Is this financial advice?

No. Retirement Risk Lab is a statistical simulation tool for scenario analysis and planning support. The outputs are probability estimates under stated assumptions, not guarantees or investment recommendations. Past market behavior does not guarantee future results.

What about taxes and RMDs?

The withdrawal tax gross-up applies a single effective tax rate. The RMD floor enforces a minimum withdrawal at the SECURE-2.0 age (73 for those born 1951–1959; 75 for 1960+). Both are simplifications relative to a full tax-law engine; the user guide explains exactly how they work and when they affect the answer.

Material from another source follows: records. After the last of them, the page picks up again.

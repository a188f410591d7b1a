//! The values of the second variable give what live tuples lack of the amounts of their first values: each in one extend, as
//! much as the tuple with it that lacks most.

ghost use Rattle.std.specs.Prelude.{◌≡◌, ◌+◌, ◌<◌, ◌≤◌, length, slice_index, Err, OnOk};
ghost use Rattle.cfn_model.specs.Steps.{IsPlace};
ghost use Rattle.cfn_store.specs.Standing.{history};
ghost use Rattle.cfn_scan.specs.Lines.{IsLine};
ghost use Rattle.cfn_gain.specs.Calls.{GoesOn, Does};
ghost use Rattle.cfn_dac.specs.Full.{IsPair, first_of, second_of};
ghost use Rattle.cfn_dac.specs.Shifts.{AreHeld};
ghost use Rattle.cfn_dac.specs.Going.{Fills};
ghost use Rattle.cfn_dac.specs.Moves.{Covers, AreWithin, AreForLive, AreLent, IsShare, IsLack, lack_of};

use crate::pair::Pair;
use crate::trim::trim;
use cfn_gain::{Halt, Limits, extend};
use cfn_scan::{Extreme, Line};
use cfn_store::Store;

/// Gives the function's live tuples the amounts of their first values, where they have them together with the unary costs
/// of their second values.
pub(crate) fn spread(
    store: &mut Store<'_>,
    limits: Limits,
    pair: Pair,
    moves: &[u64],
) -> Result<(), Halt>
    requires goes { GoesOn store.old limits }
    requires pair { IsPair store.old.network pair }
    requires room { slice_index store.old.network.sizes (first_of store.old.network pair) ≤ length moves.now }
    requires covers { Covers store.old.network (history store.old) pair moves.now 0 }
    requires held { AreHeld store.old.network (history store.old) pair moves.now 0 }
    requires within { AreWithin store.old.network (history store.old) pair limits.threshold moves.now 0 }
    ensures does { Does store.old store.new limits result }
    ensures fills { Fills store.old store.new limits.threshold pair moves.now 0 (slice_index store.old.network.sizes (second_of store.old.network pair)) }
    ensures spent { result ≡ Err Halt.Dead → ⊥ }
    ensures lent { OnOk result (AreLent store.new.network (history store.new) pair moves.now 0) }
    ensures within { OnOk result (AreWithin store.new.network (history store.new) pair limits.threshold moves.now 0) }
{
    store.network().law_limits();
    let y = store.network().scope(pair.function)[pair.other as usize];
    for value in 0..store.network().size(y) {
        fill(store, limits, pair, moves, value)?;
    }
    Ok(())
}

/// Gives the live tuples with one second value what they lack.
fn fill(
    store: &mut Store<'_>,
    limits: Limits,
    pair: Pair,
    moves: &[u64],
    value: u32,
) -> Result<(), Halt>
    requires goes { GoesOn store.old limits }
    requires pair { IsPair store.old.network pair }
    requires room { slice_index store.old.network.sizes (first_of store.old.network pair) ≤ length moves.now }
    requires value { IsPlace store.old.network pair.function pair.other value }
    requires covers { Covers store.old.network (history store.old) pair moves.now value }
    requires held { AreHeld store.old.network (history store.old) pair moves.now 0 }
    requires within { AreWithin store.old.network (history store.old) pair limits.threshold moves.now 0 }
    ensures does { Does store.old store.new limits result }
    ensures fills { Fills store.old store.new limits.threshold pair moves.now value (value + 1) }
    ensures spent { result ≡ Err Halt.Dead → ⊥ }
    ensures covers { OnOk result (Covers store.new.network (history store.new) pair moves.now (value + 1)) }
    ensures within { OnOk result (AreWithin store.new.network (history store.new) pair limits.threshold moves.now 0) }
{
    store.network().law_limits();
    store.law_exact();
    let share = share(store, pair, moves, value);
    if share == 0 {
        return Ok(());
    }
    trim(store, limits, pair.function, pair.other, value)?;
    extend(store, limits, pair.function, pair.other, value, share)
}

/// The most that a live tuple with a second value lacks of its first value's amount; only live values get one.
fn share(store: &Store<'_>, pair: Pair, moves: &[u64], value: u32) -> u64
    requires pair { IsPair store.now.network pair }
    requires room { slice_index store.now.network.sizes (first_of store.now.network pair) ≤ length moves.now }
    requires value { IsPlace store.now.network pair.function pair.other value }
    requires live { AreForLive store.now.network (history store.now) pair moves.now }
    ensures { IsShare store.now.network (history store.now) pair moves.now value result }
{
    store.network().law_limits();
    let y = store.network().scope(pair.function)[pair.other as usize];
    if !store.is_live(y, value) {
        return 0;
    }
    match store.side(pair.function, pair.other) {
        Some(side) => share_along(store, pair, moves, value, &side.line(value)),
        None => share_apart(store, pair, moves, value),
    }
}

/// The same, along a line.
fn share_along(store: &Store<'_>, pair: Pair, moves: &[u64], value: u32, line: &Line<'_>) -> u64
    requires pair { IsPair store.now.network pair }
    requires room { slice_index store.now.network.sizes (first_of store.now.network pair) ≤ length moves.now }
    requires line { IsLine store.now.network (history store.now) pair.function pair.other value pair.place line.now }
    requires live { AreForLive store.now.network (history store.now) pair moves.now }
    ensures { IsShare store.now.network (history store.now) pair moves.now value result }
{
    store.network().law_limits();
    store.law_exact();
    let x = store.network().scope(pair.function)[pair.place as usize];
    let mut share = 0;
    for first in 0..store.network().size(x) {
        let amount = moves[first as usize];
        if amount > share {
            share = share.max(lack_of(amount, line.least(first)));
        }
    }
    share
}

/// The same, one pair of values after another.
fn share_apart(store: &Store<'_>, pair: Pair, moves: &[u64], value: u32) -> u64
    requires pair { IsPair store.now.network pair }
    requires room { slice_index store.now.network.sizes (first_of store.now.network pair) ≤ length moves.now }
    requires value { IsPlace store.now.network pair.function pair.other value }
    ensures { IsShare store.now.network (history store.now) pair moves.now value result }
{
    store.network().law_limits();
    store.law_exact();
    let x = store.network().scope(pair.function)[pair.place as usize];
    let mut share = 0;
    for first in 0..store.network().size(x) {
        let amount = moves[first as usize];
        if amount > share {
            share = share.max(lack(store, pair, first, value, amount));
        }
    }
    share
}

/// The most that a live tuple with two values lacks of an amount.
fn lack(store: &Store<'_>, pair: Pair, first: u32, second: u32, amount: u64) -> u64
    requires first { IsPlace store.now.network pair.function pair.place first }
    requires second { IsPlace store.now.network pair.function pair.other second }
    ensures { IsLack store.now.network (history store.now) pair first second amount result }
{
    let found = store.least_between(pair.function, pair.place, first, pair.other, second);
    lack_of(amount, found)
}

/// What a least cost lacks of an amount; where there is none, nothing is lacking.
fn lack_of(amount: u64, found: Option<Extreme>) -> u64
    ensures { result ≡ lack_of amount found }
{
    match found {
        Some(extreme) => amount.saturating_sub(extreme.cost),
        None => 0,
    }
}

What about long-term care, healthcare, Social Security taxation?

The Healthcare field adds a separate line to retirement spending, treated mathematically the same way as ordinary spending. Social Security is modeled with start age, COLA growth, and (optionally) the gross benefit before Medicare deductions — the user guide explains how to avoid the common Medicare-from-Social-Security double-count.

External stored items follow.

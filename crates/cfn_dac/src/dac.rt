//! Directional arc consistency of one function (Larrosa and Schiex, In the quest of the best form of local consistency for
//! weighted CSP, 2003; Cooper et al. 2010): where two of its variables are open, each live value of the lower one has a full
//! support with regard to the other.

ghost use Rattle.std.specs.Prelude.{◌≡◌, ℕ, ◌<◌, ◌≤◌, length, slice_index, MatchOption};
ghost use Rattle.cfn_consistency.specs.Consistency.{IsDirectional};
ghost use Rattle.cfn_store.specs.Standing.{history};
ghost use Rattle.cfn_gain.specs.Calls.{GoesOn, Does, Shows};
ghost use Rattle.cfn_gain.specs.Gains.{Gains};
ghost use Rattle.cfn_dac.specs.Opens.{NoOpenPair, IsLowerPair};

use crate::open::{Opens, open_places};
use crate::pair::{Pair, full_supports};
use cfn_gain::{Halt, Limits, cut_costly, lacking};
use cfn_store::Store;

/// Makes `f` directional arc consistent, and cuts the values of the lower variable that cost what the floor lacks then: where
/// no step was made `f` is directional. `moves` is room for an amount for each value of a variable, and is left with any. An
/// `Err` leaves the steps that were made.
pub fn directional(
    store: &mut Store<'_>,
    limits: Limits,
    f: u32,
    moves: &mut [u64],
) -> Result<(), Halt>
    requires goes { GoesOn store.old limits }
    requires function { f < length store.old.network.functions }
    requires room { (x : ℕ) → x < length store.old.network.sizes
        → slice_index store.old.network.sizes x ≤ length moves.old }
    ensures does { Does store.old store.new limits result }
    ensures gains { Gains store.old store.new limits result }
    ensures directional { Shows store.old store.new result (IsDirectional store.old.network (history store.old) f) }
    ensures same { length moves.new ≡ length moves.old }
{
    store.network().law_limits();
    let Some(pair) = open_pair(store, f) else {
        return Ok(());
    };
    let lacks = lacking(store, limits);
    full_supports(store, limits, pair, lacks, moves)?;
    let x = store.network().scope(f)[pair.place as usize];
    cut_costly(store, limits, x)
}

/// The places of the two open variables of `f`, where there are two, that of the lower variable first.
pub fn open_pair(store: &Store<'_>, f: u32) -> Option<Pair>
    requires { f < length store.now.network.functions }
    ensures { MatchOption result (NoOpenPair store.now.network (history store.now) f) (IsLowerPair store.now.network (history store.now) f) }
{
    store.network().law_limits();
    let Opens::Two { place, other } = open_places(store, f) else {
        return None;
    };
    let scope = store.network().scope(f);
    if scope[place as usize] < scope[other as usize] {
        Some(Pair {
            function: f,
            place,
            other,
        })
    } else {
        Some(Pair {
            function: f,
            place: other,
            other: place,
        })
    }
}
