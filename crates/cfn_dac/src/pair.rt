//! Full supports for the values of one variable of a function, with regard to another (Cooper et al., Soft arc consistency
//! revisited, 2010).
//!
//! What all live tuples with a value have, each together with the unary cost of its other value, can be moved to the value:
//! extends give the tuples what they lack of it, and then a project takes it. The amounts of all values are worked out first
//! (`plan.rt`); a value of the other variable then gives the most that one of its tuples lacks, in one extend (`spread.rt`),
//! which is no more than it has. Tuples that cost as much as the floor lacks of the threshold are cut before (`trim.rt`), so
//! that no cost comes to 2^64. Last each value gets its amount (`collect.rt`).

ghost use Rattle.std.specs.Prelude.{◌≡◌, ◌+◌, ◌≤◌, length, slice_index, Err, OnOk, OnErr};
ghost use Rattle.cfn_model.specs.Sums.{floor};
ghost use Rattle.cfn_store.specs.Standing.{history};
ghost use Rattle.cfn_gain.specs.Calls.{GoesOn, Does, Shows};
ghost use Rattle.cfn_dac.specs.Full.{IsPair, AreFullBelow, first_of};
ghost use Rattle.cfn_dac.specs.Shifts.{Shifts, LeadsThrough, IsDirected, Closed, SomeLacks};

use crate::collect::collect;
use crate::plan::plan;
use crate::spread::spread;
use cfn_gain::{Halt, Limits};
use cfn_store::Store;

/// Two places of a function: of the variable whose values get full supports, and of the other one.
#[derive(Clone, Copy)]
pub struct Pair {
    pub function: u32,
    pub place: u32,
    pub other: u32,
}

/// Moves to each live value of the first variable with a unary cost below `alpha` what all live tuples with it have, each
/// with its other value, but no more than makes its unary cost `alpha`: then each value of a lower cost has a full support.
/// Where a step was refused some value has none. `moves` is room for an amount for each value, and is left with any. An `Err` leaves the steps that were
/// made.
pub fn full_supports(
    store: &mut Store<'_>,
    limits: Limits,
    pair: Pair,
    alpha: u64,
    moves: &mut [u64],
) -> Result<(), Halt>
    requires goes { GoesOn store.old limits }
    requires pair { IsPair store.old.network pair }
    requires alpha { floor store.old.network (history store.old) + alpha ≤ limits.threshold }
    requires room { slice_index store.old.network.sizes (first_of store.old.network pair) ≤ length moves.old }
    ensures does { Does store.old store.new limits result }
    ensures shifts { Shifts store.old.network pair limits.threshold (history store.old) (history store.new) }
    ensures through { LeadsThrough store.old store.new pair }
    ensures closed { OnOk result (IsDirected store.old.network (history store.old) pair → Closed store.old store.new pair alpha) }
    ensures supported { OnOk result (AreFullBelow store.old.network (history store.new) pair alpha) }
    ensures lacks { OnErr result (SomeLacks store.old.network (history store.new) pair) }
    ensures spent { result ≡ Err Halt.Dead → ⊥ }
    ensures full { Shows store.old store.new result (AreFullBelow store.old.network (history store.old) pair alpha) }
    ensures same { length moves.new ≡ length moves.old }
{
    if !plan(store, pair, alpha, moves) {
        return Ok(());
    }
    spread(store, limits, pair, moves)?;
    collect(store, limits, pair, moves)
}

When will it be available?

The app is in the final stages of review for the App Store. We'll update this page with a direct App Store link the moment it goes live. If you'd like to be notified, file an issue on the GitHub repo and watch the README — that's where the launch announcement will land first.


Retirement Risk Lab is a statistical simulation tool for scenario analysis and planning support. Outputs are probability estimates under stated assumptions, not guarantees or investment advice. Past market behavior does not guarantee future results.